Effects of deflection angle on the mechanical properties of constant-resistance, energy-absorbing, and anti-scouring bolts

Abstract

In practice, constant-resistance, energy-absorbing, and anti-scouring bolts inevitably deflect at an angle from the coal wall and other bearing surfaces, eventually giving way and losing their energy-absorbing function. The aim of this study was to determine the applicable range of deflection angles for constant-resistance, energy-absorbing, and anti-scouring bolts and to provide a reference design for bolt construction. The principle of application of bolts under various deflection angles was proposed, and the numerical simulation of use of constant-resistance, energy-absorbing, and anti-scouring bolts was carried out using ABAQUS finite element software.

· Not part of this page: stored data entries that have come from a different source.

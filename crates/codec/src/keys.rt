// Keys: a pair of seconds and hops as one number, the hops in its low 16 bits, so that one comparison compares pairs and one sum adds them.
ghost use Rattle.std.specs.Prelude.{◌≡◌, ◌+◌, ◌*◌, ◌<◌, ◌≤◌, length};
ghost use Rattle.model.specs.Pair.{hop_base, key, seconds_of, hops_of};
ghost use Rattle.model.specs.Network.{edge, edge_size};
ghost use Rattle.model.specs.Oracle.{no_walk};

use crate::records::{Edge, HOP_BASE};

pub fn key_of(seconds: u32, hops: u32) -> u64
    ensures { result ≡ key seconds hops }
{
    HOP_BASE * seconds as u64 + hops as u64
}

pub fn seconds_of(k: u64) -> u32
    requires { k ≤ no_walk }
    ensures { result ≡ seconds_of k }
{
    (k / HOP_BASE) as u32
}

pub fn hops_of(k: u64) -> u32
    ensures { (result ≡ hops_of k) × (result < hop_base) }
{
    (k % HOP_BASE) as u32
}

// What edge i costs: its seconds, and one hop.
pub fn edge_key(b: &[u8], i: usize) -> u64
    requires { edge_size * i + edge_size ≤ length b.now }
    ensures { (result ≡ key (edge b.now i).seconds 1) × (result ≤ no_walk) }
{
    key_of(Edge::read(b, i).seconds, 1)
}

The effects of deflection angle, impact energy, and impact velocity on the deformation performance, load-bearing performance, and energy absorption performance of the bolts were investigated. The deformation process of the bolt based on deflection angle was found to change from axial stretching to “stretching and bending”. As the deflection angle increased, the load bearing capacity of the anti-punching device increased, and the bolt’s breaking force increased after decreasing, and then decreased again while absorption energy decreased non-linearly. The bolt yield distance decreased while the displacement of bolts remained essentially the same and the deflection distance of the anti-punching device decreased. The stroke efficiency of bolts decreased and, based on the design principles of constant-resistance, energy-absorbing, and anti-scouring bolts, it was determined that the bolt was still applicable within a deflection angle of 0–17°. The impact energy had a minor effect on the bolt indicators of yield force, breaking force, and energy absorption, and the bolt’s impact resistance time decreased non-linearly with increasing impact energy. Impact velocity had less effect on bolt yield force and breaking force. Both yielding time and anti-punching load capacity of the bolt decreased with increased impact velocity. As the impact velocity increased, yield distance, anti-punching deflection distance, and stroke efficiency all increased. The absorption energy increased linearly with increasing impact velocity. The results of this study provide a reference for similar anchor angle studies and a guide for the design of field construction.